STAT5b Controls IgE-mediated Mast Cell Functions In Vitro and In Vivo

Abstract

Abstract Signal Transducers and Activators of Transcription (STATs) are latent transcription factors that mediate a number of cellular responses including but not limited to cell survival, proliferation and differentiation. This protein family consists of seven members, STATs 1 – 6 including two closely related molecules, STAT5a and STAT5b, that show 96% amino acid sequence homology and are critical for lymphoid, myeloid, and erythroid cell development and function. We recently identified Stat5b as the critical regulator of IgE-mediated cytokine production in mast cells. STAT5b knockout (KO) cells show decreased cytokine production in vitro. In vivo STAT5b KO mice demonstrate decreased sensitivity to IgE-mediated passive systemic anaphylaxis accompanied with decreased production of IL-6 and IL-13 compared to wildtype counterparts.

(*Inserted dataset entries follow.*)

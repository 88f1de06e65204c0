//! Values of any depth, on the usual stack.

use df_frozen::{Entries, FreezeCause, Items, Name, NotPut, Step, Value};
use std::alloc::Global;
use std::test::Fail;

/// A list of this value alone.
fn list_of(alloc: Global, value: Value) -> Result<Value, NotPut> {
    let mut list = Value::Items(Items::new(alloc));
    list.push_at(&[], value)?;
    Ok(list)
}

/// A map of this value alone.
fn map_of(alloc: Global, name: Name, value: Value) -> Result<Value, NotPut> {
    let mut map = Value::Map(Entries::new(alloc));
    map.put_at(&[], name, value)?;
    Ok(map)
}

/// A number in as many lists.
fn nested(alloc: Global, lists: u32) -> Result<Value, NotPut> {
    let mut value = Value::Int(0);
    for _ in 0..lists {
        value = list_of(alloc, value)?;
    }
    Ok(value)
}

/// A number in as many layers, in turn a list and a map.
fn layered(alloc: Global, name: Name, layers: u32) -> Result<Value, NotPut> {
    let mut value = Value::Int(0);
    for layer in 0..layers {
        if layer % 2 == 0 {
            value = list_of(alloc, value)?;
        } else {
            value = map_of(alloc, name, value)?;
        }
    }
    Ok(value)
}

/// Why the value isn't frozen.
fn cause_of(alloc: Global, value: Value) -> Option<FreezeCause> {
    match value.freeze(alloc) {
        Ok(_) => None,
        Err(refused) => Some(refused.cause),
    }
}

/// Why a copy of the value isn't frozen.
fn copied_cause(alloc: Global, value: &Value) -> Option<FreezeCause> {
    match value.copy() {
        Ok(copy) => cause_of(alloc, copy),
        Err(_) => None,
    }
}

fn nested_cause(alloc: Global, lists: u32) -> Option<FreezeCause> {
    match nested(alloc, lists) {
        Ok(value) => cause_of(alloc, value),
        Err(_) => None,
    }
}

fn layered_cause(alloc: Global, name: Name, layers: u32) -> Option<FreezeCause> {
    match layered(alloc, name, layers) {
        Ok(value) => copied_cause(alloc, &value),
        Err(_) => None,
    }
}

fn too_large(nodes: u64, bytes: u64, depth: u64) -> Option<FreezeCause> {
    Some(FreezeCause::TooLarge {
        nodes,
        bytes,
        depth,
    })
}

#[test]
fn values_are_refused_at_any_depth(rt: HostRuntime) -> Result<(), Fail> {
    assert_eq!(rt; nested_cause(rt.alloc(), 31), None);
    assert_eq!(rt;
        nested_cause(rt.alloc(), 999_999),
        too_large(1_000_000, 0, 1_000_000)
    );
    let name = Name::new("b")?;
    assert_eq!(rt;
        layered_cause(rt.alloc(), name, 200_000),
        too_large(200_001, 100_000, 200_001)
    );
    Ok(())
}

/// Whether a number is put in place of a list's own, and not where there is none.
fn is_set(list: &mut Value) -> bool {
    list.set_at(&[Step::At(0)], Value::Int(1)).is_ok()
        && list.set_at(&[Step::At(1)], Value::Int(1)).is_err()
}

fn is_set_in_list(alloc: Global) -> Option<bool> {
    match nested(alloc, 1) {
        Ok(mut list) => Some(is_set(&mut list)),
        Err(_) => None,
    }
}

#[test]
fn a_number_is_set_in_a_list(rt: HostRuntime) {
    assert_eq!(rt; is_set_in_list(rt.alloc()), Some(true));
}

/// Whether a list or a map is copied by its own function.
fn is_copied(value: &Value) -> bool {
    match value {
        Value::Items(items) => items.copy().is_ok(),
        Value::Map(map) => map.copy().is_ok(),
        _ => false,
    }
}

fn are_copied(alloc: Global, name: Name) -> Result<bool, NotPut> {
    let list = list_of(alloc, Value::Int(0))?;
    let is_first = is_copied(&list);
    let map = map_of(alloc, name, list)?;
    Ok(is_first && is_copied(&map))
}

#[test]
fn lists_and_maps_are_copied(rt: HostRuntime) -> Result<(), Fail> {
    let name = Name::new("b")?;
    assert_eq!(rt; are_copied(rt.alloc(), name).ok(), Some(true));
    Ok(())
}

There was no difference in MAR-1-mediated passive systemic anaphylaxis or mast cell number and distribution. Interestingly STAT5b KO mice demonstrate elevated levels of serum IgE and an exacerbated response to histamine-mediated passive systemic anaphylaxis. We previously found that Fyn-mediated Stat5 tyrosine phosphorylation is critical for Stat5-dependent effects. The current work demonstrates that Stat5b is also phosphorylated on serine residues during IgE signaling in mast cells, via a Src-independent pathway requiring PI3-kinase function. Preliminary data show that STAT5b tyrosine and serine phosphorylation either independently or in tandem regulate IgE-induced cytokine production. Elucidating the role of STAT5b in the inflammatory response as well as the key players in STAT5b serine phosphorylation will yield new targets for mast cell-associated diseases.